**EXERCISE DESCRIPTION**
Copy verbatim the material from its first line to the line that holds "pub fn put_number(out: &mut", including that line.

----------------

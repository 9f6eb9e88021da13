//! A plan as JSON.

ghost use Rattle.drv_forms.specs.Fits.{IsPlan};
ghost use Rattle.drv_forms.specs.PlanJson.{command_json, group_json, items_json, job_files, job_json};
ghost use Rattle.drv_forms.specs.PlanJson.{list_json, number_json, option_json, temp_json};
ghost use Rattle.drv_forms.specs.PlanJson.{plan_json as json_of_plan, word_json, words_json};
ghost use Rattle.drv_forms.specs.PlanOfJson.{plan_of};
ghost use Rattle.json.specs.Json.{document};
ghost use Rattle.json.specs.Layout.{pretty};
ghost use Rattle.json.specs.Token.{key};
ghost use Rattle.json.specs.Tree.{items_tokens, json_tokens, members_tokens};
ghost use Rattle.std.specs.Prelude.{◌≡◌, ◌∷◌, ◌++◌, [], IfOk, OnOk, Some, option_and_then};

use drv_words::{Command, Group, Job, Listing, Plan, Temp, Word};
use itoa::Buffer;
use json::{Pretty, Token};
use std::alloc::{AllocError, Global};
use std::str::from_utf8;

/// Writes a number.
pub fn put_number(out: &mut Pretty, number: usize) -> Result<(), AllocError>
    ensures { OnOk result (out.new ≡ out.old ++ json_tokens (number_json number)) }
{
    let mut buffer = Buffer::new();
    out.token(Token::Number(buffer.format(number)))
}

/// Writes bytes as an array.
fn put_bytes(out: &mut Pretty, bytes: &[u8]) -> Result<(), AllocError>
    ensures { OnOk result (out.new ≡ out.old ++ json_tokens (list_json number_json bytes.now)) }
{
    out.token(Token::BeginArray)?;
    for &byte in bytes {
        put_number(out, usize::from(byte))?;
    }
    out.token(Token::EndArray)
}

/// Writes a word: a string, or the list of its bytes where these aren't UTF-8.
pub fn put_word(out: &mut Pretty, word: &Word) -> Result<(), AllocError>
    ensures { OnOk result (out.new ≡ out.old ++ json_tokens (word_json word.now)) }
{
    match from_utf8(word.as_bytes()) {
        Ok(text) => out.token(Token::String(text)),
        Err(_) => put_bytes(out, word.as_bytes()),
    }
}

/// Writes words as the items of an array that was begun, and ends it.
fn put_last_words(out: &mut Pretty, words: &[Word]) -> Result<(), AllocError>
    ensures { OnOk result (out.new ≡ out.old ++ items_tokens (items_json word_json words.now)) }
{
    for word in words {
        put_word(out, word)?;
    }
    out.token(Token::EndArray)
}

/// Writes words as an array.
pub fn put_words(out: &mut Pretty, words: &[Word]) -> Result<(), AllocError>
    ensures { OnOk result (out.new ≡ out.old ++ json_tokens (words_json words.now)) }
{
    out.token(Token::BeginArray)?;
    put_last_words(out, words)
}

/// Writes a command as the array of its words.
pub(crate) fn put_command(out: &mut Pretty, command: &Command) -> Result<(), AllocError>
    ensures { OnOk result (out.new ≡ out.old ++ json_tokens (command_json command.now)) }
{
    out.token(Token::BeginArray)?;
    put_word(out, &command.program)?;
    put_last_words(out, command.words.as_slice())
}

/// Writes a group as the array of its commands.
fn put_group(out: &mut Pretty, group: &Group) -> Result<(), AllocError>
    ensures { OnOk result (out.new ≡ out.old ++ json_tokens (group_json group.now)) }
{
    out.token(Token::BeginArray)?;
    for command in group.as_slice() {
        put_command(out, command)?;
    }
    out.token(Token::EndArray)
}

/// Writes groups as an array.
fn put_groups(out: &mut Pretty, groups: &[Group]) -> Result<(), AllocError>
    ensures { OnOk result (out.new ≡ out.old ++ json_tokens (list_json group_json groups.now)) }
{
    out.token(Token::BeginArray)?;
    for group in groups {
        put_group(out, group)?;
    }
    out.token(Token::EndArray)
}

/// Writes a temporary file as an object.
fn put_temp(out: &mut Pretty, temp: &Temp) -> Result<(), AllocError>
    ensures { OnOk result (out.new ≡ out.old ++ json_tokens (temp_json temp.now)) }
{
    out.token(Token::BeginObject)?;
    out.token(Token::Key("path"))?;
    put_word(out, &temp.path)?;
    out.token(Token::Key("contents"))?;
    put_word(out, &temp.contents)?;
    out.token(Token::EndObject)
}

/// Writes temporary files as an array.
fn put_temps(out: &mut Pretty, temps: &[Temp]) -> Result<(), AllocError>
    ensures { OnOk result (out.new ≡ out.old ++ json_tokens (list_json temp_json temps.now)) }
{
    out.token(Token::BeginArray)?;
    for temp in temps {
        put_temp(out, temp)?;
    }
    out.token(Token::EndArray)
}

/// Writes the place of a source, or `null`.
fn put_source(out: &mut Pretty, source: Option<usize>) -> Result<(), AllocError>
    ensures { OnOk result (out.new ≡ out.old ++ json_tokens (option_json number_json source)) }
{
    match source {
        Some(number) => put_number(out, number),
        None => out.token(Token::Null),
    }
}

/// Writes the name of an output, or `null`.
fn put_output(out: &mut Pretty, output: &Option<Word>) -> Result<(), AllocError>
    ensures { OnOk result (out.new ≡ out.old ++ json_tokens (option_json word_json output.now)) }
{
    match output {
        Some(word) => put_word(out, word),
        None => out.token(Token::Null),
    }
}

/// Writes a member whose value is an array of words.
fn put_named_words(out: &mut Pretty, name: &str, words: &Listing<Word>) -> Result<(), AllocError>
    ensures { OnOk result (out.new
        ≡ out.old ++ key name.now ∷ json_tokens (words_json words.now)) }
{
    out.token(Token::Key(name))?;
    put_words(out, words.as_slice())
}

/// Writes the members of a job that name files, and ends it.
fn put_job_files(out: &mut Pretty, job: &Job) -> Result<(), AllocError>
    ensures { OnOk result (out.new ≡ out.old ++ members_tokens (job_files job.now)) }
{
    out.token(Token::Key("temps"))?;
    put_temps(out, job.temps.as_slice())?;
    put_named_words(out, "marked", &job.marked)?;
    put_named_words(out, "on_failure", &job.on_failure)?;
    out.token(Token::Key("output"))?;
    put_output(out, &job.output)?;
    out.token(Token::EndObject)
}

/// Writes a job as an object.
fn put_job(out: &mut Pretty, job: &Job) -> Result<(), AllocError>
    ensures { OnOk result (out.new ≡ out.old ++ json_tokens (job_json job.now)) }
{
    out.token(Token::BeginObject)?;
    out.token(Token::Key("source"))?;
    put_source(out, job.source)?;
    out.token(Token::Key("groups"))?;
    put_groups(out, job.groups.as_slice())?;
    put_job_files(out, job)
}

/// Writes jobs as an array.
fn put_jobs(out: &mut Pretty, jobs: &[Job]) -> Result<(), AllocError>
    ensures { OnOk result (out.new ≡ out.old ++ json_tokens (list_json job_json jobs.now)) }
{
    out.token(Token::BeginArray)?;
    for job in jobs {
        put_job(out, job)?;
    }
    out.token(Token::EndArray)
}

/// Writes the link, or `null`.
fn put_link(out: &mut Pretty, link: &Option<Job>) -> Result<(), AllocError>
    ensures { OnOk result (out.new ≡ out.old ++ json_tokens (option_json job_json link.now)) }
{
    match link {
        Some(job) => put_job(out, job),
        None => out.token(Token::Null),
    }
}

/// Writes a plan as an object.
fn put_plan(out: &mut Pretty, plan: &Plan) -> Result<(), AllocError>
    ensures { OnOk result (out.new ≡ out.old ++ json_tokens (json_of_plan plan.now)) }
{
    out.token(Token::BeginObject)?;
    put_named_words(out, "notices", &plan.notices)?;
    out.token(Token::Key("jobs"))?;
    put_jobs(out, plan.jobs.as_slice())?;
    out.token(Token::Key("link"))?;
    put_link(out, &plan.link)?;
    out.token(Token::EndObject)
}

/// The text of a plan in JSON, with a line for each item and member, which ends without a newline.
/// A word is a string, or the list of its bytes where these aren't UTF-8. Read as JSON it gives
/// the plan back.
pub fn plan_json(alloc: Global, plan: &Plan) -> Result<Word, AllocError>
    ensures text { IfOk result (λ text. text ≡ pretty (json_tokens (json_of_plan plan.now))) }
    ensures document { IfOk result (λ text. document text ≡ Some (json_of_plan plan.now)) }
    ensures reads_back { IfOk result (λ text. IsPlan plan.now
        → option_and_then plan_of (document text) ≡ Some plan.now) }
{
    let mut out = Pretty::new(alloc);
    put_plan(&mut out, plan)?;
    Ok(Word::from_vec(out.into_inner()))
}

----------------

**TASK OUTPUT**
repository 9f6eb9e88021da13
//! A plan as JSON.

ghost use Rattle.drv_forms.specs.Fits.{IsPlan};
ghost use Rattle.drv_forms.specs.PlanJson.{command_json, group_json, items_json, job_files, job_json};
ghost use Rattle.drv_forms.specs.PlanJson.{list_json, number_json, option_json, temp_json};
ghost use Rattle.drv_forms.specs.PlanJson.{plan_json as json_of_plan, word_json, words_json};
ghost use Rattle.drv_forms.specs.PlanOfJson.{plan_of};
ghost use Rattle.json.specs.Json.{document};
ghost use Rattle.json.specs.Layout.{pretty};
ghost use Rattle.json.specs.Token.{key};
ghost use Rattle.json.specs.Tree.{items_tokens, json_tokens, members_tokens};
ghost use Rattle.std.specs.Prelude.{◌≡◌, ◌∷◌, ◌++◌, [], IfOk, OnOk, Some, option_and_then};

use drv_words::{Command, Group, Job, Listing, Plan, Temp, Word};
use itoa::Buffer;
use json::{Pretty, Token};
use std::alloc::{AllocError, Global};
use std::str::from_utf8;

/// Writes a number.
pub fn put_number(out: &mut Pretty, number: usize) -> Result<(), AllocError>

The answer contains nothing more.